My mood today is moderately better than yesterday’s nadir. The aroma of hope wafts through the water-logged air, suggesting something sanguine awaits beyond my view, hidden by the morning fog. I wish I possessed the skill or talent or whatever it is that I don’t own to mold my emotions with my keyboard. Wouldn’t it be nice to simply type one’s way to happiness? Wouldn’t life be grand if, with just a few flicks of my fingers, I could write my way to a buoyant mood? Yes, and sustaining oneself on a diet of rainbows would be hunky dory, as well.
Perhaps I could write a story about a man who, in his mid sixties, discovers that rainbows have an amazing effect on his mood. Whenever he sees them, happiness envelopes him like a cocoon.
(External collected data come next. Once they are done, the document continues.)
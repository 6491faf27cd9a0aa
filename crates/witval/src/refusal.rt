// The replies other than verdicts.
ghost use Rattle.std.specs.Prelude.{◌≡◌, ◌++◌, ◌∷◌, [], IfOk, codes, decimal};
ghost use Rattle.wv_report.specs.declared.reply.Reply.TheVariants as replies;
ghost use Rattle.witval.specs.Authoring.{IsValuesRefusal};
ghost use Rattle.witval.specs.Inputs.{certificate_word, source_word, word_of};
ghost use Rattle.witval.specs.Refusals.{IsBindRefusal, IsCertificateRefusal, IsCheckRefusal, IsObligationRefusal, IsRefusal, IsSchemaRefusal, IsSearchRefusal, IsSyntaxRefusal, IsTaskRefusal, IsTokenRefusal, both_hashes, check_code, place_text, plain};
ghost use Rattle.witval.specs.Replies.{too_long};

use crate::input::File;
use c_core::Spot;
use c_parser::ParseFault;
use c_tokens::TokenFault;
use check_rules::{CheckCode, CheckFault};
use std::alloc::Global;
use sym_duties::SymFault;
use way_bind::BindFault;
use wv_author::ValuesFault;
use wv_base::{OutOfMemory, Text};
use wv_cert::CertFault;
use wv_report::Reply;
use wv_schema::SchemaFault;
use wv_seek::SeekFault;
use wv_task::TaskFault;
use wv_yaml::{YamlFault, quote};

fn name(file: File) -> &'static str
    ensures { result.now ≡ word_of file }
{
    match file {
        File::Program => "program",
        File::Property => "property",
        File::Witness => "witness",
    }
}

/// The same where values stand in place of a witness.
fn source_name(file: File) -> &'static str
    ensures { result.now ≡ source_word file }
{
    match file {
        File::Program => "program",
        File::Property => "property",
        File::Witness => "values",
    }
}

fn refuse(alloc: Global, code: &str, detail: Text) -> Result<Reply, OutOfMemory>
    ensures { IfOk result (λ reply. reply ≡ replies.Refused code.now detail) }
{
    Ok(Reply::Refused {
        code: Text::of(alloc, code)?,
        detail,
    })
}

/// A refusal by its code alone.
pub fn refuse_plainly(alloc: Global, code: &str) -> Result<Reply, OutOfMemory>
    ensures { IfOk result (λ reply. reply ≡ plain code.now) }
{
    let detail = Text::of(alloc, "")?;
    refuse(alloc, code, detail)
}

/// A witness whose bytes are no tree.
pub fn refuse_yaml(alloc: Global, fault: YamlFault) -> Result<Reply, OutOfMemory>
    ensures { IfOk result (IsRefusal fault) }
{
    match fault {
        YamlFault::Bytes => refuse_plainly(alloc, "yaml-bytes"),
        YamlFault::Grammar => refuse_plainly(alloc, "yaml-grammar"),
        YamlFault::Duplicate => refuse_plainly(alloc, "yaml-duplicate"),
        YamlFault::OutOfMemory => Err(OutOfMemory),
    }
}

/// A tree that is no witness.
pub fn refuse_schema(alloc: Global, fault: SchemaFault) -> Result<Reply, OutOfMemory>
    ensures { IfOk result (IsSchemaRefusal fault) }
{
    match fault {
        SchemaFault::Missing(path) => refuse(alloc, "schema-missing", path),
        SchemaFault::WrongKind(path) => refuse(alloc, "schema-kind", path),
        SchemaFault::BadValue(path) => refuse(alloc, "schema-value", path),
        SchemaFault::Version => refuse_plainly(alloc, "schema-version"),
        SchemaFault::Shape(segment) => {
            let detail = number_text(alloc, segment)?;
            refuse(alloc, "schema-shape", detail)
        }
        SchemaFault::Entries => refuse_plainly(alloc, "schema-entries"),
        SchemaFault::OutOfMemory => Err(OutOfMemory),
    }
}

/// The hash that was stated, quoted, and the one that was found.
fn both_hashes(alloc: Global, stated: &Text, found: &Text) -> Result<Text, OutOfMemory>
    ensures { IfOk result (λ text. text ≡ both_hashes stated.now found.now) }
{
    let quoted = quote(alloc, stated)?;
    let mut both = String::from_str(alloc, quoted.as_str())?;
    both.push_str(" ")?;
    both.push_str(found.as_str())?;
    let text = Text::of(alloc, both.as_str())?;
    Ok(text)
}

/// A witness that isn't about this task.
pub fn refuse_task(alloc: Global, fault: TaskFault) -> Result<Reply, OutOfMemory>
    ensures { IfOk result (IsTaskRefusal fault) }
{
    match fault {
        TaskFault::Files => refuse_plainly(alloc, "files"),
        TaskFault::Hash { stated, found } => {
            let detail = both_hashes(alloc, &stated, &found)?;
            refuse(alloc, "hash", detail)
        }
        TaskFault::Specification => refuse_plainly(alloc, "specification"),
        TaskFault::Language => refuse_plainly(alloc, "language"),
        TaskFault::Model => refuse_plainly(alloc, "model"),
        TaskFault::Uuid => refuse_plainly(alloc, "uuid"),
        TaskFault::OutOfMemory => Err(OutOfMemory),
    }
}

/// Bytes that are no certificate.
pub fn refuse_certificate(alloc: Global, fault: CertFault) -> Result<Reply, OutOfMemory>
    ensures { IfOk result (IsCertificateRefusal fault) }
{
    match fault {
        CertFault::Form => refuse_plainly(alloc, "certificate"),
        CertFault::OutOfMemory => Err(OutOfMemory),
    }
}

/// A place of the program: its line, a colon, its column.
fn place_text(alloc: Global, line: u32, column: u32) -> Result<Text, OutOfMemory>
    ensures { IfOk result (λ text. text ≡ place_text line column) }
{
    let digits = format!(in alloc; "{line}:{column}")?;
    let text = Text::of(alloc, digits.as_str())?;
    Ok(text)
}

/// A line of the program, or the number of a segment, a waypoint or an invariant.
fn number_text(alloc: Global, number: u32) -> Result<Text, OutOfMemory>
    ensures { IfOk result (λ text. text ≡ decimal number) }
{
    let digits = format!(in alloc; "{number}")?;
    let text = Text::of(alloc, digits.as_str())?;
    Ok(text)
}

/// A program that is no list of tokens.
pub fn refuse_tokens(alloc: Global, fault: TokenFault) -> Result<Reply, OutOfMemory>
    ensures { IfOk result (IsTokenRefusal fault) }
{
    match fault {
        TokenFault::Token { line, column } => {
            let detail = place_text(alloc, line, column)?;
            refuse(alloc, "token", detail)
        }
        TokenFault::Directive { line } => {
            let detail = number_text(alloc, line)?;
            refuse(alloc, "directive", detail)
        }
        TokenFault::OutOfMemory => Err(OutOfMemory),
    }
}

/// Tokens that are no source.
pub fn refuse_syntax(alloc: Global, fault: ParseFault) -> Result<Reply, OutOfMemory>
    ensures { IfOk result (IsSyntaxRefusal fault) }
{
    match fault {
        ParseFault::Syntax { line, column } => {
            let detail = place_text(alloc, line, column)?;
            refuse(alloc, "syntax", detail)
        }
        ParseFault::OutOfMemory => Err(OutOfMemory),
    }
}

/// The word for what a source breaks.
fn check_code(code: CheckCode) -> &'static str
    ensures { result.now ≡ check_code code }
{
    match code {
        CheckCode::Name => "check-name",
        CheckCode::Again => "check-again",
        CheckCode::Typing => "check-typing",
        CheckCode::Size => "check-size",
        CheckCode::Order => "check-order",
        CheckCode::Body => "check-body",
        CheckCode::Main => "check-main",
        CheckCode::Cells => "check-cells",
    }
}

/// A source that is no program.
pub fn refuse_check(alloc: Global, fault: CheckFault) -> Result<Reply, OutOfMemory>
    ensures { IfOk result (IsCheckRefusal fault) }
{
    match fault {
        CheckFault::Refused { code, spot } => {
            let detail = place_text(alloc, spot.line, spot.column)?;
            refuse(alloc, check_code(code), detail)
        }
        CheckFault::OutOfMemory => Err(OutOfMemory),
    }
}

/// A witness of which a waypoint or an invariant isn't bound to the program.
pub fn refuse_bind(alloc: Global, fault: BindFault) -> Result<Reply, OutOfMemory>
    ensures { IfOk result (IsBindRefusal fault) }
{
    match fault {
        BindFault::NoPlace(number) => {
            let detail = number_text(alloc, number)?;
            refuse(alloc, "place", detail)
        }
        BindFault::Expression(number) => {
            let detail = number_text(alloc, number)?;
            refuse(alloc, "expression", detail)
        }
        BindFault::Scope(number) => {
            let detail = number_text(alloc, number)?;
            refuse(alloc, "scope", detail)
        }
        BindFault::OutOfMemory => Err(OutOfMemory),
    }
}

/// A program whose obligations can't be judged.
pub fn refuse_obligations(alloc: Global, fault: SymFault) -> Result<Reply, OutOfMemory>
    ensures { IfOk result (IsObligationRefusal fault) }
{
    match fault {
        SymFault::Recursion(name) => refuse(alloc, "recursion", name),
        SymFault::TooBig => refuse_plainly(alloc, "weight"),
        SymFault::OutOfMemory => Err(OutOfMemory),
    }
}

/// A program whose runs within a bound are too heavy.
pub fn refuse_search(alloc: Global, fault: SeekFault) -> Result<Reply, OutOfMemory>
    ensures { IfOk result (IsSearchRefusal fault) }
{
    match fault {
        SeekFault::TooBig => refuse_plainly(alloc, "weight"),
        SeekFault::OutOfMemory => Err(OutOfMemory),
    }
}

/// A file longer than its limit.
pub fn refuse_too_long(alloc: Global, file: File) -> Result<Reply, OutOfMemory>
    ensures { IfOk result (λ reply. reply ≡ replies.Refused too_long (word_of file)) }
{
    let detail = Text::of(alloc, name(file))?;
    refuse(alloc, "too-long", detail)
}

/// A file that couldn't be read.
pub fn read_fault(alloc: Global, file: File) -> Result<Reply, OutOfMemory>
    ensures { IfOk result (λ reply. reply ≡ replies.ReadFault (word_of file)) }
{
    Ok(Reply::ReadFault(Text::of(alloc, name(file))?))
}

/// Bytes that are no list of values.
pub fn refuse_values(alloc: Global, fault: ValuesFault) -> Result<Reply, OutOfMemory>
    ensures { IfOk result (IsValuesRefusal fault) }
{
    match fault {
        ValuesFault::Form => refuse_plainly(alloc, "values"),
        ValuesFault::OutOfMemory => Err(OutOfMemory),
    }
}

/// A run in which a cell without initializer draws something else than 0.
pub fn refuse_cell(alloc: Global, spot: Spot) -> Result<Reply, OutOfMemory>
    ensures { IfOk result (λ reply. reply ≡ replies.Refused (codes "cell") (place_text spot.line spot.column)) }
{
    let detail = place_text(alloc, spot.line, spot.column)?;
    refuse(alloc, "cell", detail)
}

/// A file longer than its limit, where values stand in place of a witness.
pub fn refuse_long_source(alloc: Global, file: File) -> Result<Reply, OutOfMemory>
    ensures { IfOk result (λ reply. reply ≡ replies.Refused too_long (source_word file)) }
{
    let detail = Text::of(alloc, source_name(file))?;
    refuse(alloc, "too-long", detail)
}

/// A file that couldn't be read, where values stand in place of a witness.
pub fn source_fault(alloc: Global, file: File) -> Result<Reply, OutOfMemory>
    ensures { IfOk result (λ reply. reply ≡ replies.ReadFault (source_word file)) }
{
    Ok(Reply::ReadFault(Text::of(alloc, source_name(file))?))
}

/// A certificate longer than its limit.
pub fn refuse_long_certificate(alloc: Global) -> Result<Reply, OutOfMemory>
    ensures { IfOk result (λ reply. reply ≡ replies.Refused too_long certificate_word) }
{
    let detail = Text::of(alloc, "certificate")?;
    refuse(alloc, "too-long", detail)
}

/// A certificate that couldn't be read.
pub fn certificate_fault(alloc: Global) -> Result<Reply, OutOfMemory>
    ensures { IfOk result (λ reply. reply ≡ replies.ReadFault certificate_word) }
{
    Ok(Reply::ReadFault(Text::of(alloc, "certificate")?))
}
So he follows weather forecasts, trying his best to know where he is apt to find rainbows. He lives in his car, driving from place to place in search of atmospheric circumstances ideally suited to the formation of rainbows. When he finds them, he’s overcome with joy unlike anything he’s ever experienced. But between rainbows, his mood flags, leaving him bereft. His emotions, shredded and dry like sun-bleached starfish left on a beach at ebb tide, become fragile and brittle.
It doesn’t take him long to realize he’s become a rainbow addict. The euphoria that accompanied his rainbow experiences in the early days of his discovery becomes bottomless despair. Without rainbows, he shrinks into himself, cursing the sky and drowning his sorrows with orange juice from concentrate. Living in his car no longer carries the sense of adventure it once did. He recognizes he’s given up everything for the fleeting rush that follows a rainbow experience. And he remembers some of the lyrics of the Muppets Movie song, the film that, he realizes, must have triggered his downward spiral:
What’s so amazing
That keeps us stargazing
And what do we think we might see
Someday we’ll find it
The rainbow connection
The lovers, the dreamers, and me.
The only solution, he decides, is to live where there can be no rainbows. And where might that be? A smog-choked city, he reasons, is the best place, because the smoke and dust in the air would make it impossible for rainbows to form. And so, after giving the matter considerable thought, he sells his car and its contents and buys a ticket to Beijing where, after a month of living on the street, he decides he’s made a horrible choice. But he has no money, his passport has been stolen, he’s utterly destitute. What does he do now? We’ll never know, because I’ve tired of writing this absurd little psychosis.
Has it improved my mood, though? Time will tell. I know for a fact that my breakfast this morning will not consist of rainbows. I’m thinking, maybe, poached eggs and Canadian bacon, with a side of radishes and sweet pepper, will work to get this day off to a reasonable start.